Data Pipeline¶
This page explains how user-uploaded data flows through D2S — from upload to storage to visualization.
Upload flow¶
D2S uses tusd for resumable file uploads. This ensures that large files (orthomosaics, point clouds) can be uploaded reliably, even over unstable connections.
- The client initiates an upload through the tusd service.
- tusd stores the file in a configured upload directory (
TUSD_STORAGE). - Once the upload completes, tusd notifies the FastAPI backend via a webhook.
- The backend creates a database record and dispatches a Celery task for processing.
Data product types¶
D2S supports the following data product types when uploading to a flight:
| Type | Accepted formats | Description |
|---|---|---|
| DEM | .tif |
Digital elevation models |
| Ortho | .tif |
Orthomosaic imagery |
| Point Cloud | .las, .laz |
3D point cloud data |
| Panoramic | .jpg, .jpeg, .png, .webp, .avif |
Panoramic imagery |
| 3DGS | .ply, .zip |
3D Gaussian Splatting models (.zip for LCC format) |
| Other | .tif |
User-defined raster type with a custom label |
Processing¶
Processing tasks run asynchronously via Celery workers. The specific processing depends on the data type:
Raster data — DEM, Ortho, and Other (GeoTIFF)¶
Uploaded GeoTIFFs are converted to Cloud Optimized GeoTIFFs (COGs). COGs use internal tiling and overviews to support efficient HTTP range requests, enabling clients to fetch only the tiles they need at the appropriate zoom level. DEM, Ortho, and Other types all follow this same conversion pipeline.

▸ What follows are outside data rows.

// The actors of a block go on beside each other: each is held at some line until others have arrived at one of theirs.

use crate::races::{is_like, raced};
use mem_base::PassId;
use outside::{Actor, Gate};
use std::alloc::{AllocError, Global};
use std::hint;
use std::sync::Wait;
use std::sync::atomic::{AtomicU64, Ordering};
use std::thread::Threads;
use top_call::Ending;

/// How often an actor looks whether the others have arrived, before it goes on without them.
const TURNS: u32 = 100_000_000;

/// A virtual CPU writes and then reads, and the desk moves an alias twice and then reaps.
const TWO_ACTORS: &str = "machine 64K\n\
                          region A container 0x10000\n\
                          region R ram 0x1000\n\
                          region W alias 0x100 R 0\n\
                          begin\n\
                          space S A\n\
                          add A 0 R\n\
                          add A 0x8000 W\n\
                          commit\n\
                          par\n\
                          v0 write S 0 11\n\
                          v0 read S 0 1\n\
                          move W 0x9000\n\
                          move W 0x8000\n\
                          reap\n\
                          end\n";

/// Two virtual CPUs read twice, and the desk moves an alias twice.
const THREE_ACTORS: &str = "machine 64K\n\
                            region A container 0x10000\n\
                            region R ram 0x1000\n\
                            region W alias 0x100 R 0\n\
                            begin\n\
                            space S A\n\
                            add A 0 R\n\
                            add A 0x8000 W\n\
                            commit\n\
                            par\n\
                            v0 read S 0 1\n\
                            v0 read S 0 1\n\
                            v1 read S 0 1\n\
                            v1 read S 0 1\n\
                            move W 0x9000\n\
                            move W 0x8000\n\
                            end\n";

/// As an actor arrives before a line, some of the bits are set, and it is held until others are.
#[derive(Clone, Copy)]
struct Hold {
    actor: Actor,
    line: u32,
    sets: u64,
    until: u64,
}

/// A gate with three holds.
#[derive(Drop)]
struct Holds {
    holds: [Hold; 3],
    bits: AtomicU64,
    given_up: AtomicU64,
}

impl Holds {
    /// No one has arrived yet.
    fn new(holds: [Hold; 3]) -> Holds {
        Holds {
            holds,
            bits: AtomicU64::new(0),
            given_up: AtomicU64::new(0),
        }
    }

    /// Holds until these bits are set, or until that takes too long.
    fn hold(&self, until: u64) {
        for _ in 0..TURNS {
            if self.bits.load(Ordering::SeqCst) & until == until {
                return;
            }
            hint::spin_loop();
        }
        self.given_up.fetch_add(1, Ordering::SeqCst);
    }
}

impl Gate for Holds {
    fn arrive(&self, actor: Actor, line: u32) {
        for hold in &self.holds {
            if hold.actor == actor && hold.line == line {
                self.bits.fetch_or(hold.sets, Ordering::SeqCst);
                self.hold(hold.until);
            }
        }
    }
}

/// Holds the desk's first line until the virtual CPU has arrived at its second one, and that one until the desk has arrived at its
/// reap, when both moves were answered. Actors that go on one after another are held for ever, whoever comes first.
fn two_holds() -> Holds {
    let cpu = Actor::Pass(PassId::FIRST);
    Holds::new([
        Hold {
            actor: cpu,
            line: 12,
            sets: 1,
            until: 2,
        },
        Hold {
            actor: Actor::Desk,
            line: 13,
            sets: 4,
            until: 1,
        },
        Hold {
            actor: Actor::Desk,
            line: 15,
            sets: 2,
            until: 0,
        },
    ])
}

/// Holds the second line of each of three actors until all three have arrived at it.
fn three_holds() -> Holds {
    let Some(second) = PassId::new(1) else {
        unreachable!();
    };
    Holds::new([
        Hold {
            actor: Actor::Pass(PassId::FIRST),
            line: 12,
            sets: 1,
            until: 7,
        },
        Hold {
            actor: Actor::Pass(second),
            line: 14,
            sets: 2,
            until: 7,
        },
        Hold {
            actor: Actor::Desk,
            line: 16,
            sets: 4,
            until: 7,
        },
    ])
}

/// Whether a race of the script, held at the gate, is done and writes this, and all arrived in time.
fn passes<R: Threads + Wait + Sync>(
    rt: &R,
    alloc: Global,
    gate: &Holds,
    script: &str,
    text: &str,
) -> Result<bool, AllocError> {
    let (ending, written) = raced(rt, alloc, script, gate)?;
    let arrived = gate.bits.load(Ordering::SeqCst) == 7;
    let in_time = gate.given_up.load(Ordering::SeqCst) == 0;
    Ok(arrived && in_time && ending == Ending::Done && is_like(&written, text))
}

#[test]
fn the_actors_of_a_block_go_on_beside_each_other(rt: HostRuntime) {
    let two = "v0 g1 write ok\nv0 g3 read 11 ok\n";
    let three = "v0 g? read 00 ok\nv0 g? read 00 ok\nv1 g? read 00 ok\nv1 g? read 00 ok\n";
    assert!(rt; passes(&rt, rt.alloc(), &two_holds(), TWO_ACTORS, two) == Ok(true));
    assert!(rt; passes(&rt, rt.alloc(), &three_holds(), THREE_ACTORS, three) == Ok(true));
}
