// Races of scripts in memory, and the tests of what they write.

use crate::rows::{RACE, ROWS, Row};
use crate::runs::{end_in_threads, words_of};
use outside::{CalmSource, Gate, OpenGate, StdSink};
use std::alloc::{AllocError, Global};
use std::sync::Wait;
use std::thread::Threads;
use top_call::Ending;

/// How often each script is raced.
const TIMES: u32 = 20;

/// How a race of the script ends, and what it writes.
pub(crate) fn raced<R: Threads + Wait + Sync, G: Gate>(
    rt: &R,
    alloc: Global,
    script: &str,
    gate: &G,
) -> Result<(Ending, Vec<u8>), AllocError> {
    let words = words_of(alloc, "race")?;
    let mut source = CalmSource::new(script.as_bytes().to_vec(alloc)?);
    let mut written = Vec::new(alloc);
    let mut sink = StdSink::new(&mut written);
    let (ending, _) = end_in_threads(rt, alloc, words.as_slice(), &mut source, &mut sink, gate);
    Ok((ending, written))
}

/// Whether bytes are the first of the text's, of which a `?` stands for any digit.
pub(crate) fn begins_like(bytes: &[u8], text: &str) -> bool {
    bytes.len() <= text.len()
        && bytes.iter().zip(text.as_bytes()).all(|(byte, want)| byte == want
            || (*want == b'?' && byte.is_ascii_digit()))
}

/// Whether bytes are those of the text.
pub(crate) fn is_like(bytes: &[u8], text: &str) -> bool {
    bytes.len() == text.len() && begins_like(bytes, text)
}

/// Whether a race of the row's script is done and writes the row's text.
fn is_raced<R: Threads + Wait + Sync>(
    rt: &R,
    alloc: Global,
    row: &Row,
) -> Result<bool, AllocError> {
    let (ending, written) = raced(rt, alloc, row.script, &OpenGate)?;
    Ok(ending == Ending::Done && is_like(&written, row.text))
}

#[test]
fn each_script_has_its_text_in_each_of_twenty_races(rt: HostRuntime) {
    for row in &ROWS {
        for time in 0..TIMES {
            let name = row.name;
            assert!(rt;
                is_raced(&rt, rt.alloc(), row) == Ok(true),
                "{name} at {time}"
            );
        }
    }
}

/// Whether a race of the row's script is done and writes its text; where memory runs out, it has written the first of it.
fn is_raced_or_begun<R: Threads + Wait + Sync>(rt: &R, alloc: Global, row: &Row) -> Option<bool> {
    let Ok((ending, written)) = raced(rt, alloc, row.script, &OpenGate) else {
        return None;
    };
    if ending == Ending::Memory && begins_like(&written, row.text) {
        return None;
    }
    Some(ending == Ending::Done && is_like(&written, row.text))
}

#[test]
fn a_race_without_memory_writes_the_first_of_its_text_and_the_next_one_is_whole(rt: HostRuntime) {
    let is_so = match is_raced_or_begun(&rt, rt.alloc(), &RACE) {
        Some(is_so) => is_so,
        None => is_raced(&rt, rt.alloc(), &RACE) == Ok(true),
    };
    assert!(rt; is_so);
}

Point cloud data (LAS/LAZ)¶
Point cloud files are converted to Cloud Optimized Point Cloud (COPC) format. Like COGs, COPC files support range requests, allowing the Potree viewer to stream point data progressively.
3D Gaussian Splatting (PLY/ZIP)¶
3D Gaussian Splatting (3DGS) uploads are validated and copied to static file storage. Uploads can be a .ply file or a .zip file in the LCC format. Once validated, the data product is made available for visualization through a WebGL-based viewer.
Panoramic imagery¶
Panoramic images are validated (checking dimensions to confirm the image has the expected aspect ratio for panoramic content) and copied to static file storage.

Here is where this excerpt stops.